▶ [WORK TO BE COMPLETED]: Restate word for word the lines of the entries below, starting with the line that holds "next_token false (held_by" and ending with the line that holds "next_token is_last (held_by", and no others.

**** PROVIDED RECORDS ****

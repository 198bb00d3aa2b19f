//! What stands for the characters of a pasted text.

ghost use Rattle.std.specs.Prelude.{◌≡◌, [], ◌∷◌, IfOk, MatchOption, string_bytes};
ghost use Rattle.tw_device.specs.Told.{pasted_character, pasted_text};

use std::alloc::{AllocError, Global};

/// What stands for the rows of a pasted text.
#[derive(Debug, Clone, Copy, PartialEq, Eq)]
pub enum Pasted {
    /// In one row: each control character, a line end too, is a space.
    OneRow,
    /// As they are: CR LF, CR and LF are one line feed each, and every other control character is a space.
    Rows,
}

impl Pasted {
    /// Returns the replacement of a character after `before`, or `None` for the LF of CR LF.
    fn told(self, before: char, character: char) -> Option<char>
        ensures { MatchOption result (pasted_character self before character ≡ [])
            (λ c. pasted_character self before character ≡ c ∷ []) }
    {
        match (self, character) {
            (Pasted::Rows, '\n') if before == '\r' => None,
            (Pasted::Rows, '\n' | '\r') => Some('\n'),
            (_, c) if c.is_control() => Some(' '),
            (_, c) => Some(c),
        }
    }
}

/// Returns a pasted text: its rows as `rows` says, a space for each other control character, and U+FFFD for bytes that
/// are no text.
pub(crate) fn pasted_text(alloc: Global, bytes: &[u8], rows: Pasted) -> Result<String, AllocError>
    ensures { IfOk result (λ text. string_bytes text ≡ pasted_text rows bytes.now) }
{
    let text = String::from_utf8_lossy(alloc, bytes)?;
    let mut told = String::new(alloc);
    let mut before = '\0';
    for character in text.as_str().chars() {
        match rows.told(before, character) {
            Some(c) => told.push(c)?,
            None => {}
        }
        before = character;
    }
    Ok(told)
}
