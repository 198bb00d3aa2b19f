//! Sources of live events, and the reader of typed bytes.

ghost use Rattle.std.specs.Prelude.{◌≡◌, ◌≤◌, ◌==◌, ◌++◌, ◌∷◌, ℕ, [], List, length, drop, true, false, IfSome, IfOk, IfErr, OnOk, OnErr, MatchOption, ⊤};
ghost use Rattle.std.specs.Io.KnownBytes.{Consumes, IsAtEnd, Keeps};
ghost use Rattle.tw_input.specs.EventView.{event_view, EventView};
ghost use Rattle.tw_terminal.specs.declared.terminal.TerminalFault.TheVariants.{Memory};
ghost use Rattle.tw_device.specs.Keys.{held_by, is_at_end};
ghost use Rattle.tw_device.specs.Told.{token_events, events_in_option, answer_events};
ghost use Rattle.tw_device.specs.Typed.{piece, next_token, is_at_hand, IsPasted, TellsTyped, IsHeldUp};
ghost use Rattle.tw_device.specs.declared.keys.SourceState.TheVariants.{Going, AtEnd, Refused as HasRefused};
ghost use Rattle.tw_device.specs.declared.escape.Escape.TheVariants.{AtOnce};
ghost use Rattle.tw_device.specs.declared.pasted.Pasted.TheVariants.{OneRow};

use crate::escape::Escape;
use crate::event_log::EventLog;
use crate::pasted::{Pasted, pasted_text};
use crate::unread::{PIECE, Unread};
use std::alloc::Global;
use std::io::Read;
use tw_ansi::{Scanned, Token};
use tw_input::InputEvent;
use tw_terminal::TerminalFault;

/// What a source answered last.
#[derive(Debug, Clone, Copy, PartialEq, Eq)]
pub enum SourceState {
    /// An event, or nothing yet.
    Going,
    /// That it had no more events.
    AtEnd,
    /// A refusal.
    Refused(TerminalFault),
}

impl SourceState {
    /// Returns the state of a source that gave this answer.
    pub fn after(answer: &Result<Option<InputEvent>, TerminalFault>) -> Self
        ensures ok { IfOk answer.now (λ event. MatchOption event (result ≡ AtEnd)
            (λ _. result ≡ Going)) }
        ensures err { IfErr answer.now (λ fault. result ≡ HasRefused fault) }
    {
        match answer {
            Ok(Some(_)) => SourceState::Going,
            Ok(None) => SourceState::AtEnd,
            Err(fault) => SourceState::Refused(*fault),
        }
    }
}

/// A source of events, as its contracts see it: the events that it told so far, and what it answered last.
pub trait EventSource {
    ghost use Rattle.std.specs.Prelude.{Bool};
    ghost use Rattle.tw_device.specs.declared.keys.SourceState.{SourceState};

    ghost told: { Self → List EventView };

    ghost state: { Self → SourceState };

    // Whether the next call answers with what is at hand.
    ghost at_hand: { Self → Bool };

    // What a call did besides: from such a source to such a one, telling these events.
    ghost follows: { Self → Self → List EventView → Type 0 } = { λ _ _ _. ⊤ };

    /// Returns the next event, or `None` if there are no more. A refusal tells none.
    fn next_event(&mut self) -> Result<Option<InputEvent>, TerminalFault>
        ensures ok { IfOk result (λ event. MatchOption event
            ((told self.new ≡ told self.old) × (state self.new ≡ AtEnd))
            (λ event. told self.new ≡ told self.old ++ event_view event ∷ [])) }
        ensures going { IfOk result (λ event. IfSome event (λ _. state self.new ≡ Going)) }
        ensures told { OnErr result (told self.new ≡ told self.old) }
        ensures refused { IfErr result (λ fault. state self.new ≡ HasRefused fault) }
        ensures follows { follows self.old self.new (answer_events result) };

    /// Returns true if the next call answers with what is at hand, and false if it may wait or that is not known.
    fn has_at_hand(&self) -> bool
        ensures { result ≡ at_hand self.now };
}

/// A reader of what is typed.
#[derive(Drop)]
pub struct KeyReader<R> {
    alloc: Global,
    reader: R,
    escape: Escape,
    pasted: Pasted,
    unread: Unread,
    was_full: bool,
    state: SourceState,
    told: EventLog,
}

impl<R: Read> KeyReader<R> {
    /// Creates a reader with `Escape::AtOnce` and `Pasted::OneRow`.
    pub fn new(alloc: Global, reader: R) -> Self
        ensures told { ⟦<KeyReader<R> as EventSource>⟧.told result ≡ [] }
        ensures going { ⟦<KeyReader<R> as EventSource>⟧.state result ≡ Going }
        ensures held { held_by R.remaining result ≡ record {
          escape = AtOnce;
          pasted = OneRow;
          unread = [];
          was_full = false;
          left = R.remaining reader;
        } }
    {
        KeyReader {
            alloc,
            reader,
            escape: Escape::AtOnce,
            pasted: Pasted::OneRow,
            unread: Unread::new(alloc),
            was_full: false,
            state: SourceState::Going,
            told: EventLog::new(),
        }
    }

    /// Returns the reader with this choice for an ESC alone.
    pub fn with_escape(mut self, escape: Escape) -> Self
        ensures { result ≡ record self { escape = escape } }
    {
        self.escape = escape;
        self
    }

    /// Returns the reader with this choice for pasted texts.
    pub fn with_pasted(mut self, pasted: Pasted) -> Self
        ensures { result ≡ record self { pasted = pasted } }
    {
        self.set_pasted(pasted);
        self
    }

    /// Sets the choice for pasted texts.
    pub fn set_pasted(&mut self, pasted: Pasted)
        ensures { self.new ≡ record self.old { pasted = pasted } }
    {
        self.pasted = pasted;
    }

    /// Returns true if the last answer was that there are no more events.
    pub fn is_at_end(&self) -> bool
        ensures { result ≡ is_at_end self.now.state }
    {
        matches!(self.state, SourceState::AtEnd)
    }

    /// Returns the next event, or `None` at the end of what is typed.
    #[tactic(auto, using(crate::proofs::ReadLemmas::none_left))]
    fn find(&mut self) -> Result<Option<InputEvent>, TerminalFault>
        ensures told { self.new.told ≡ self.old.told }
        ensures tells { TellsTyped (held_by R.remaining self.old) (held_by R.remaining self.new)
            (answer_events result) }
        ensures at_end { IfOk result (λ event. MatchOption event
            ((self.new.unread ≡ []) × IsAtEnd (R.remaining self.new.reader))
            (λ _. ⊤)) }
        ensures held_up { IfErr result (λ fault. IsHeldUp fault
            (held_by R.remaining self.old) (held_by R.remaining self.new)) }
        ensures at_hand { is_at_hand (held_by R.remaining self.old) ≡ true → self.new.reader
            ≡ self.old.reader }
    {
        let mut is_last = false;
        for turn in 0..u64::MAX {
            let _steps = turn;
            match self.scan(is_last) {
                Some(found) => {
                    if let Some(event) = self.take(found)? {
                        return Ok(Some(event));
                    }
                }
                None if is_last => return Ok(None),
                None => is_last = !self.read()?,
            }
        }
        Err(TerminalFault::Device)
    }

    /// Returns the token at the front, if it does not depend on bytes that are not read yet.
    fn front(&self) -> Option<Scanned>
        ensures { result ≡ next_token false (held_by R.remaining self.now) }
    {
        if self.escape.waits(self.was_full) && self.unread.is_lone_escape() {
            return None;
        }
        self.unread.front()
    }

    /// Returns the token at the front, or `None` if more bytes are wanted.
    fn scan(&mut self, is_last: bool) -> Option<Scanned>
        ensures token { result ≡ next_token is_last (held_by R.remaining self.old) }
        ensures within { IfSome result (λ s. s.used ≤ length self.old.unread) }
        ensures held { held_by R.remaining self.new ≡ held_by R.remaining self.old }
        ensures reader { self.new.reader ≡ self.old.reader }
        ensures told { self.new.told ≡ self.old.told }
    {
        if self.escape.waits(self.was_full) && self.unread.is_lone_escape() && !is_last {
            return None;
        }
        self.unread.scan(is_last)
    }

    /// Reads what there is, and waits if there is nothing. Returns false at the end. A refusal loses no byte.
    fn read(&mut self) -> Result<bool, TerminalFault>
        ensures ok { OnOk result ((more : List ℕ) × (self.new.unread ≡ self.old.unread ++ more)
            × (self.new.was_full ≡ (length more == piece))
            × Consumes (R.remaining self.old.reader) (R.remaining self.new.reader) more) }
        ensures end { IfOk result (λ is_more. is_more ≡ false
            → IsAtEnd (R.remaining self.new.reader)) }
        ensures err { OnErr result ((self.new.unread ≡ self.old.unread)
            × (self.new.was_full ≡ self.old.was_full)
            × Keeps (R.remaining self.old.reader) (R.remaining self.new.reader)) }
        ensures choices { (self.new.escape ≡ self.old.escape)
            × (self.new.pasted ≡ self.old.pasted) }
        ensures told { self.new.told ≡ self.old.told }
    {
        let count = self.unread.read_from(&mut self.reader)?;
        self.was_full = count == PIECE;
        Ok(count > 0)
    }

    /// Takes a token and returns its event, or `None` if its bytes mean nothing. A refusal takes no byte, so that the
    /// next call finds the token again.
    fn take(&mut self, found: Scanned) -> Result<Option<InputEvent>, TerminalFault>
        requires { found.used ≤ length self.old.unread }
        ensures told { self.new.told ≡ self.old.told }
        ensures event { IfOk result (λ event. events_in_option event
            ≡ token_events self.old.pasted found.token self.old.unread) }
        ensures taken { OnOk result (self.new.unread ≡ drop found.used self.old.unread) }
        ensures kept { OnErr result (self.new.unread ≡ self.old.unread) }
        ensures refused { IfErr result (λ fault. (fault ≡ Memory) × IsPasted found.token) }
        ensures rest { (self.new.reader ≡ self.old.reader) × (self.new.escape ≡ self.old.escape)
            × (self.new.was_full ≡ self.old.was_full) × (self.new.pasted ≡ self.old.pasted) }
    {
        let Scanned { token, used } = found;
        let event = match token {
            Token::Key(key) => Some(InputEvent::Key(key)),
            Token::Size { cols, rows } => Some(InputEvent::Resized { cols, rows }),
            Token::Paste { from, len } => {
                let bytes = self.unread.bytes();
                let end = from.saturating_add(len).min(bytes.len());
                Some(InputEvent::Paste(pasted_text(
                    self.alloc,
                    &bytes[from.min(end)..end],
                    self.pasted,
                )?))
            }
            Token::Unknown => None,
        };
        self.unread.take(used);
        Ok(event)
    }
}

impl<R: Read> EventSource for KeyReader<R> {
    ghost told = { λ it. it.told };

    ghost state = { λ it. it.state };

    ghost at_hand = { λ it. is_at_hand (held_by R.remaining it) };

    ghost follows = { λ old new events. TellsTyped (held_by R.remaining old)
        (held_by R.remaining new) events };

    /// Takes bytes at the front and tells what they are, each of them once. There are no more events only if the
    /// reader has no more bytes and all are taken. `err` says why a call fails. The reader is not asked if an event is
    /// at hand.
    fn next_event(&mut self) -> Result<Option<InputEvent>, TerminalFault>
        ensures ok { IfOk result (λ event. MatchOption event
            ((self.new.told ≡ self.old.told) × (self.new.state ≡ AtEnd)
            × (self.new.unread ≡ []) × IsAtEnd (R.remaining self.new.reader))
            (λ event. (self.new.told ≡ self.old.told ++ event_view event ∷ [])
            × (self.new.state ≡ Going))) }
        ensures err { IfErr result (λ fault. (self.new.told ≡ self.old.told)
            × (self.new.state ≡ HasRefused fault)
            × IsHeldUp fault (held_by R.remaining self.old) (held_by R.remaining self.new)) }
        ensures follows { TellsTyped (held_by R.remaining self.old) (held_by R.remaining self.new)
            (answer_events result) }
        ensures at_hand { is_at_hand (held_by R.remaining self.old) ≡ true → self.new.reader
            ≡ self.old.reader }
    {
        let answer = self.find();
        self.told.note(&answer);
        self.state = SourceState::after(&answer);
        answer
    }

    /// Returns true if a key or a pasted text stands whole at the front of what was read. A size does not count, since
    /// not every size is one of a screen.
    fn has_at_hand(&self) -> bool
        ensures { result ≡ is_at_hand (held_by R.remaining self.now) }
    {
        match self.front() {
            Some(found) => matches!(found.token, Token::Key(_) | Token::Paste { .. }),
            None => false,
        }
    }
}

****

▶ [RESPONSE FOR THIS EXERCISE]:
        ensures { result ≡ next_token false (held_by R.remaining self.now) }
    {
        if self.escape.waits(self.was_full) && self.unread.is_lone_escape() {
            return None;
        }
        self.unread.front()
    }

    /// Returns the token at the front, or `None` if more bytes are wanted.
    fn scan(&mut self, is_last: bool) -> Option<Scanned>
        ensures token { result ≡ next_token is_last (held_by R.remaining self.old) }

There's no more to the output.